EXERCISE REQUIREMENTS => Each line that contains the word "stage" is to be copied from the records below.

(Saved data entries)
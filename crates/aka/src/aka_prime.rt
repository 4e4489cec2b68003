// EAP-AKA' as a method, written once, over every card.
ghost use Rattle.std.specs.Prelude.{◌≡◌, length, None, refl};
ghost use Rattle.keys.specs.Octets.{octets};
ghost use Rattle.nas.specs.Replies.{response_packet};
ghost use Rattle.method.specs.Method.{replied};
ghost use Rattle.method.specs.Subscribers.{subscriber};
ghost use Rattle.aka.specs.Aka.{decided, judged};
ghost use Rattle.aka.specs.AkaMethod.{aka_definition, aka_holding, judged_of};
ghost use Rattle.aka.specs.Replies.{answer, body_of};

use crate::decision::{Challenged, Decision, on_identity};
use crate::fault::AkaFault;
use crate::reply::{EAP_TYPE, Reply};
use attributes::{Request, read_request};
use cards::Card;
use keys::Octets;
use method::{Method, Subscription, Weighing, identifier_of};
use nas::write_response;

// A card, and the block that the last granted challenge left.
#[derive(Clone, Copy)]
pub struct AkaPrime<C> {
    card: C,
    block: Option<[u8; 128]>,
}

impl<C: Card> AkaPrime<C> {
    // The method with this card, which holds no block.
    pub fn new(card: C) -> AkaPrime<C>
        ensures card { result.card ≡ card }
        ensures block { result.block ≡ None }
    {
        AkaPrime { card, block: None }
    }

    // Asks the card, if what the network offers is right.
    fn on_challenge(&mut self, asked: &Challenged<'_>) -> Decision
        ensures { record { decision = decided result; stage = C.Card.holding self.new.card } ≡ judged_of C.Card.definition (aka_holding C.Card.holding self.old) asked.now }
    {
        match asked.check_offer() {
            Ok(()) => {
                let challenge = &asked.challenge;
                let outcome = self.card.ask(&challenge.rand.bytes, &challenge.autn.bytes);
                asked.on_outcome(outcome)
            }
            Err(fault) => Decision::unproven(fault, Reply::AuthenticationReject),
        }
    }

    fn decide(&mut self, packet: &[u8], subscription: &Subscription) -> Decision
        ensures { record { decision = decided result; stage = C.Card.holding self.new.card } ≡ judged C.Card.definition (aka_holding C.Card.holding self.old) packet.now (subscriber subscription.now) }
    {
        match read_request(packet) {
            Ok(Request::Identity(request)) => on_identity(self.block, request),
            Ok(Request::Challenge(challenge)) => {
                let asked = Challenged {
                    packet,
                    subscription,
                    challenge,
                };
                self.on_challenge(&asked)
            }
            Err(fault) => Decision::unproven(AkaFault::from(fault), Reply::ClientError),
        }
    }

    // Decides on a request, and holds the block that the decision leaves.
    fn settle(&mut self, packet: &[u8], subscription: &Subscription) -> Decision
        ensures judged { record { decision = decided result; stage = C.Card.holding self.new.card } ≡ judged C.Card.definition (aka_holding C.Card.holding self.old) packet.now (subscriber subscription.now) }
        ensures block { self.new.block ≡ result.block }
    {
        let decision = self.decide(packet, subscription);
        self.block = decision.block;
        decision
    }
}

// Writes the reply to the front of the buffer, and tells its length. The scripted method has its own: one for both would have to
// ask that the body fits.
fn write_reply(reply: &Reply, identifier: u8, suci: &Octets<255>, out: &mut [u8; 1500]) -> usize
    ensures len { result ≡ length (response_packet identifier 50 (body_of identifier (octets suci.now) (answer reply.now))) }
    ensures bytes { out.new ≡ replied (response_packet identifier 50 (body_of identifier (octets suci.now) (answer reply.now))) out.old }
{
    let body = reply.body(identifier, suci);
    write_response(identifier, EAP_TYPE, body.as_slice(), out).unwrap()
}

impl<C: Card> Method for AkaPrime<C> {
    type Fault = AkaFault;

    ghost definition = { aka_definition C.Card.definition };

    ghost holding = { aka_holding C.Card.holding };

    fn eap_type(&self) -> u8 {
        EAP_TYPE
    }

    fn process(
        &mut self,
        packet: &[u8],
        subscription: &Subscription,
        suci: &Octets<255>,
        reply: &mut [u8; 1500],
    ) -> Weighing<AkaFault> {
        let decision = self.settle(packet, subscription);
        let identifier = identifier_of(packet);
        let reply_len = write_reply(&decision.reply, identifier, suci, reply);
        Weighing {
            verdict: decision.verdict,
            reply_len,
        }
    }

    fn block(&self) -> Option<[u8; 128]> {
        self.block
    }

    fn clear(&mut self) {
        self.block = None;
    }

    ghost tells = { λ _. (refl, refl) };
}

EXERCISE OUTPUT =>
        ensures { record { decision = decided result; stage = C.Card.holding self.new.card } ≡ judged_of C.Card.definition (aka_holding C.Card.holding self.old) asked.now }
        ensures { record { decision = decided result; stage = C.Card.holding self.new.card } ≡ judged C.Card.definition (aka_holding C.Card.holding self.old) packet.now (subscriber subscription.now) }
        ensures judged { record { decision = decided result; stage = C.Card.holding self.new.card } ≡ judged C.Card.definition (aka_holding C.Card.holding self.old) packet.now (subscriber subscription.now) }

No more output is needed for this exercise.